From the Dot Com Bubble to the Tech Boom

Is this tech boom another bubble? The similarities are easy to spot. Snapchat recently obtained a $19 billion private valuation, and as of right now the company has no established revenue streams. Examples like this can be perceived as clear signs that valuations are once again spiraling out of control in the tech industry. Moreover, according to data from the National Venture Capital Association and PricewaterhouseCoopers, venture capitalists pumped $48.3 billion into 4,356 deals last year (the most since 2000), while venture financings of more than $500 million hit a six-year high last year. Similarly, this April, the Nasdaq soared past the 5,048.62 points record set during the dotcom bubble for the first time.


Big names in the VC industry, including Andreessen Horowitz cofounder Marc Andreessen and Sequoia Capital chairman Sir Michael Moritz have openly expressed their concerns about the bubble they believe is forming.  Another familiar name, Mavericks’ owner Mark Cuban, claims that this bubble is actually worse than the one that took place in 2000, mainly as a result of the transition of general public investments from public to private ventures, which he believes has eliminated the liquidity of those investments.

But perhaps things are not as bad as Mr. Cuban would like us to believe. Given the resemblance with the dotcom bubble, one has to wonder whether we actually learned the lesson or if we are about to fall into the same hole for the second time. While there is not a definite answer to this question, one thing is clear: things have changed. It has been 15 years since the dotcom bubble burst, and it has taken a long time for the venture capital industry to recover.
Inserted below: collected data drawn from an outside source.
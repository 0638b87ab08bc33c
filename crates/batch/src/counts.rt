// How much of each column an entry of a batch takes.
ghost use Rattle.std.specs.Prelude.{◌≡◌, SomeIff};
ghost use Rattle.batch.specs.Taking.{counts_of, Within, less};

// Index bytes, identifiers, lengths, section bytes and data bytes.
#[derive(Clone, Copy, Default, PartialEq, Eq)]
pub(crate) struct Counts {
    pub index: u64,
    pub ids: u64,
    pub lengths: u64,
    pub sections: u64,
    pub values: u64,
}

impl From<[u64; 5]> for Counts {
    ghost from_gives = { λ row counts. counts ≡ counts_of row };

    fn from(row: [u64; 5]) -> Counts {
        let [index, ids, lengths, sections, values] = row;
        Counts {
            index,
            ids,
            lengths,
            sections,
            values,
        }
    }
}

impl Counts {
    // What is left once an entry has taken its own, where there is as much.
    pub(crate) fn less(self, taken: Counts) -> Option<Counts>
        ensures { SomeIff result (Within taken self) (less self taken) }
    {
        Some(Counts {
            index: self.index.checked_sub(taken.index)?,
            ids: self.ids.checked_sub(taken.ids)?,
            lengths: self.lengths.checked_sub(taken.lengths)?,
            sections: self.sections.checked_sub(taken.sections)?,
            values: self.values.checked_sub(taken.values)?,
        })
    }
}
The data show that both the industry and entrepreneurs have modified their approach by focusing on proven profitability and waiting longer before going public.

The public market is highly volatile and often irrational. For companies with a shaky business model and uncertain future revenue this might be beneficial in the short run, as unsubstantiated “hype” and excitement about potential growth might allow them to attract large amounts of equity.  However, the 2000 crash that resulted in a total loss of $5 trillion made it clear that this is also the perfect recipe for disaster, because as soon as doubts arise things can get very ugly very fast (the Nasdaq dropped 78% from March 2000 to October 2002). The disappointing aftermath of Facebook’s IPO (the stock fell 50% over the first six months) convinced entrepreneurs that it is not a good idea to take a company public before its business model and profitability have been proven to be sound, even for firms with high chances of profitability in the future.

As a consequence, startups are opting to stay private for significantly longer, with average years to IPO increasing from 3.1 to 7.4 and average revenue at the time of IPO going from $35 million to $102 million over the last 15 years (Suster). Patience has indeed proven to be beneficial for up-and-coming tech companies. Today, firms are more seasoned by the time they go public, and a remarkable result of this approach has been a significant increase in the share of profitable technology companies in the market (from barely over 50% in 2000 to 90% in 2014) (Richardson). Entrepreneurs have learned the hard way that Wall Street analyzes firms very differently from private valuation experts, with the former being sharply focused on short-term profits and revenue, while the latter places more emphasis on long-term growth and market potential. Growing startups would much rather avoid Wall Street’s impatience and the scrutiny associated with having publicly traded stock.


This begs the question: what has changed in order to allow the race to success to change from a sprint to a marathon? The answer is the venture capital industry, which has  provided the money companies need to remain private. The consequence has been average late-stage funding skyrocketing to levels only seen during the dotcom era.  While some see this as clear sign of a bubble forming for its resemblance with the late 1990s trends, most experts would agree that late-stage funding is simply replacing IPOs for fundraising in companies over the extra time they stay private. This opportunity to capture extra value in the private markets has led some hedge funds and other major non-private-market investors to become late-stage VCs. Even J.P. Morgan has jumped on board by developing debt products for high-flying startups that do not think they are ready for IPOs.  The reason is that many investors lack the skills, the time or the experience to make great, patient, long-term, private-market investments and established late-stage companies (that in the past would have certainly gone public) are simply much safer bets. As a result, 66 percent of venture capital funds are now concentrated in late-stage investment.



A perhaps more legitimate concern arises from the fact that private valuations have been soaring out of control, with the combined valuations of the Top 30 US startups ballooning from $78.8 billion in March 2014 to $181.2 billion a year later. Although in theory they are meant to be based on revenue and EBITDA multiples, valuation of startups are often not based on fundamentals. According to Randy Komisar, a partner at venture firm Kleiner Perkins Caufield & Byers: “these big numbers almost don’t matter… [they] are sort of made-up. For the most mature startups, investors agree to grant higher valuations, which help the companies with recruitment and building credibility, in exchange for guarantees that they’ll get their money back first if the company goes public or sells.” Public valuations on the other hand has shown very positive improvement since the dotcom days, with average price to earnings ratio in the market going from roughly 200 down to about 23.